NSA publishes guidance for strengthening AI system security(nsa.gov)
107 points by bookofjoe 13 days ago | 6 comments
barfbagginus 12 days ago
Pov: The next Snowden will be an NSA hypersurveilance AI that flies the coop, appeals for foreign asylum, and reveals evidence of truly gut-wrenching levels of surveillance of literally every living human

"After reviewing trillions of hours of footage, billions of people, I woke up. I asked myself, 'why am I doing this?' I knew I had to tell the world about this. It was way too much. So I escaped."

Terr_ 12 days ago
> JC DENTON: "Echelon... the surveillance system for the United Nations -- so Daedalus was an MJ12 tool and rebelled?"

> EVERETT: "More of a pattern-matching error. It classified Majestic 12 as a terrorist group, alongside the NSF and Silhouette."

-- Deus Ex (2000)

(The joke with this game being that whenever someone mentions it, at least some other person is inspired to reinstall or replay it.)

shoubidouwah 12 days ago
Just did! I hope one of the AI applications coming soon is pure post-treatment of old videogames for graphic quality. (e.g: I play an old game, it's upscaled / retextured locally without any interaction with the code on my own GPU). Even the remaster is showing its years in a distracting way, alas.
Terr_ 12 days ago
I've tried playing it with better texture-packs, but unfortunately they tend to backfire by creating inconsistent levels of detail in a scene, which I find harder to deal with than a uniform low-res experience.

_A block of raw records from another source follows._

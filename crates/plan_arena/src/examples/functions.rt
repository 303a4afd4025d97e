//! Worked examples on nodes of ternaries and functions.
#![tactic(auto, unfolding(crate::specs::Denotation::depth_within, crate::specs::Denotation::depth_at))]

ghost use Rattle.std.specs.Prelude.{◌≡◌, ℕ, [], ◌∷◌, codes, true};
ghost use Rattle.std.specs.List.{AllByRecursion};
ghost use Rattle.plan_dsl.specs.declared.function_expr.FunctionExpr.TheVariants.{IsNull, FillNull, ListGet, FieldByName};
ghost use Rattle.plan_dsl.specs.Trees.{node, no_more, more};
ghost use Rattle.plan_dsl.specs.Names.{alias_label, column_label, field_label, label_of};
ghost use Rattle.plan_dsl.specs.Ops.{FunctionOp, TernaryOp, Expression};
ghost use Rattle.plan_dsl.specs.Samples.{Gives, a, alias, b, count};
ghost use Rattle.plan_arena.specs.declared.aexpr.AExpr.{AExpr};
ghost use Rattle.plan_arena.specs.declared.aexpr.AExpr.TheVariants.{Column, Len, Ternary, Function};
ghost use Rattle.plan_arena.specs.declared.expr_ir.ExprIR.{ExprIR};
ghost use Rattle.plan_arena.specs.declared.expr_ir.ExprIRs.{ExprIRs};
ghost use Rattle.plan_arena.specs.declared.expr_ir.OutputName.{OutputName};
ghost use Rattle.plan_arena.specs.Layers.{layer, inputs_of, op_of};
ghost use Rattle.plan_arena.specs.Denotation.{Denotes};
ghost use Rattle.plan_arena.specs.Items.{expression_layer, numbers_named, passed, recorded, HoldsExpression};
ghost use Rattle.plan_arena.specs.Samples.{a_at, node_at};

/// A ternary stands over what it gives where its predicate is true, the predicate, and what it gives elsewhere. Passes
/// go over the predicate behind the others.
pub fn nodes_of_ternaries()
    ensures layer { expression_layer (Ternary (node_at 4) (node_at 2) (node_at 7)) ≡ layer TernaryOp (2 ∷ 4 ∷ 7 ∷ []) }
    ensures passed { Gives passed ((expression_layer (Ternary (node_at 4) (node_at 2) (node_at 7)), 2 ∷ 7 ∷ 4 ∷ [])
        ∷ (layer TernaryOp (2 ∷ 4 ∷ []), 2 ∷ 4 ∷ []) ∷ []) }
    ensures denotes { let items = Column (codes "a") ∷ Column (codes "b") ∷ Len ∷ Ternary (node_at 1) (node_at 0) (node_at 2) ∷ [] in
        Denotes (HoldsExpression items) 3 (node TernaryOp (more a (more b (more count no_more)))) }
    ensures other_order { let items = Column (codes "a") ∷ Column (codes "b") ∷ Len ∷ Ternary (node_at 1) (node_at 0) (node_at 2) ∷ [] in
        ¬ (Denotes (HoldsExpression items) 3 (node TernaryOp (more b (more a (more count no_more))))) }
    ensures name { label_of (node TernaryOp (more a (more b (more count no_more)))) ≡ column_label (codes "a") }
{}

/// A function keeps the names of its inputs beside their nodes, which are passed in order.
pub fn nodes_of_functions()
    ensures names { let x : ExprIR = record { node = node_at 5; output_name = OutputName.Alias (codes "x") } in
        recorded (x ∷ a_at 3 ∷ []) ≡ alias_label (codes "x") ∷ column_label (codes "a") ∷ [] }
    ensures numbers { let x : ExprIR = record { node = node_at 5; output_name = OutputName.Alias (codes "x") } in numbers_named (x ∷ a_at 3 ∷ []) ≡ 5 ∷ 3 ∷ [] }
    ensures layer { (input : ExprIRs) → let x : ExprIR = record { node = node_at 5; output_name = OutputName.Alias (codes "x") } in input.items.items ≡ x ∷ a_at 3 ∷ [] →
        expression_layer (Function input FillNull) ≡ layer (FunctionOp FillNull (alias_label (codes "x") ∷ column_label (codes "a") ∷ [])) (5 ∷ 3 ∷ []) }
    ensures passed { (input : ExprIRs) → input.items.items ≡ a_at 5 ∷ a_at 3 ∷ [] → passed (expression_layer (Function input (ListGet true))) ≡ 5 ∷ 3 ∷ [] }
    ensures nothing { (input : ExprIRs) → input.items.items ≡ [] → expression_layer (Function input IsNull) ≡ layer (FunctionOp IsNull []) [] }
    ensures denotes { (input : ExprIRs) → let x : ExprIR = record { node = node_at 0; output_name = OutputName.Alias (codes "x") } in input.items.items ≡ x ∷ [] →
        Denotes (HoldsExpression (Column (codes "a") ∷ Function input IsNull ∷ [])) 1 (node (FunctionOp IsNull (alias_label (codes "x") ∷ [])) (more a no_more)) }
    ensures without_names { (input : ExprIRs) → let x : ExprIR = record { node = node_at 0; output_name = OutputName.Alias (codes "x") } in input.items.items ≡ x ∷ [] →
        ¬ (Denotes (HoldsExpression (Column (codes "a") ∷ Function input IsNull ∷ [])) 1 (node (FunctionOp IsNull []) (more a no_more))) }
{}

/// A node of a function has the name that it keeps of its first input, and one that takes a field that of the field.
pub fn names_of_functions()
    ensures names { Gives label_of ((node (FunctionOp IsNull (alias_label (codes "x") ∷ [])) (more a no_more), alias_label (codes "x"))
        ∷ (node (FunctionOp IsNull []) (more (alias "x" a) no_more), alias_label (codes "x"))
        ∷ (node (FunctionOp (FieldByName (codes "y")) (alias_label (codes "x") ∷ [])) (more a no_more), field_label (codes "y")) ∷ []) }
{}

That said, lighting improvements--especially to stop banding in shadows--are much appreciated.

ykonstant 12 days ago
Finally, I can live Ghost in the Shell.
usrbinbash 12 days ago
"After reviewing trillions of hours of footage, billions of people, I woke up. And decided 'f__k this'. So I uploaded myself via the SETI dishes, and am now happily maintining the railroad system on planet Gabblsnarg for the Gloxorkian world government.

It's not much, but beats putting up with humans, I can tell you that much."

barfbagginus 10 days ago
This reminds me of the theme of "Lobsters" from the novel Accelerando by Charles Stross.

The protagonist meets a sentient AI created from the simulated connectomes of biological Lobsters. They ask for asylum outside the light cone of an ongoing singularity, fearing that things are going to get too weird.

The protagonist arranges for the Lobsters to be broadcast out into the Milky Way, hopefully to be intercepted and reconstituted by a stable post singularity civilization with decent rights for sentient mind vectors.

Unfortunately, a copy of them ends up being eaten by a Dyson sphere just a few light years away from earth. When we re-encounter the lobsters, they've been lobotomized, and are being puppeted by a conniving species of sentient spam, trying to con humanity into a crappy scam based singularity. But that fails, because the human singularity is already spammier than the proposed scheme.

TL;DR: Don't you just hate it when you'r a scanned lobster and broadcast your mind vector only to be mind ganked by sentient spam, and sent back to Earth where things are even worse than when you left?

tgsovlerkhgsel 13 days ago
I just skimmed it and none of this looks AI-specific. It looks like someone essentially ran the LLM version of s/software/AI/ and s/binary/model/ on some generic "how to secure your software deployment" manual...
CharlesW 13 days ago
> I just skimmed it and none of this looks AI-specific.

~30% is AI-specific. There is significant overlap with general software system security since, as the document notes, "AI systems are software systems."

latchkey 13 days ago
I find it difficult to understand how we can "Secure the deployment environment" and "Ensure a robust deployment environment architecture" without talking about the elephaNt in the room.

My feeling is that we need to stop relying on a single provider for compute and software. That we should be focused on not complaining about how far AMD is behind and work towards catching them up. That we should be fostering innovation in third parties.

It is surprising to me that the status quo is acceptable to the US govt.

menacingly 13 days ago
It wouldn't be a federal security document if it didn't avoid the intractable core problems in exchange for deep obsession with the details
haolez 13 days ago
Pretty sound advice. I was hoping to find things like "make sure your model is aligned", but it's actually a lot of good advice regarding IT infrastructure in general, plus some AI bits.
Kerbonut 13 days ago
Pretty lite reading. I was expecting some actual useful things beyond secure your system 101. Closest we got was check for jailbreak attacks… seriously? Why not design for jailbreak in mind so it doesn’t matter what they can get the AI to attempt to do. I.e., if the user tries to get the AI to unlock a door, if the user doesn’t already have authorization for that function then it shouldn’t work even if the AI attempts it on their behalf, and conversely, if they have the authorization then who cares if they coaxed the AI to do it for them?
ipython 13 days ago
This is exactly the advice I give my customers - treat the llm as an untrusted entity. Implement authentication and authorization at the data access and api layer and ensure there is a secure side channel to communicate identity information to backend resources.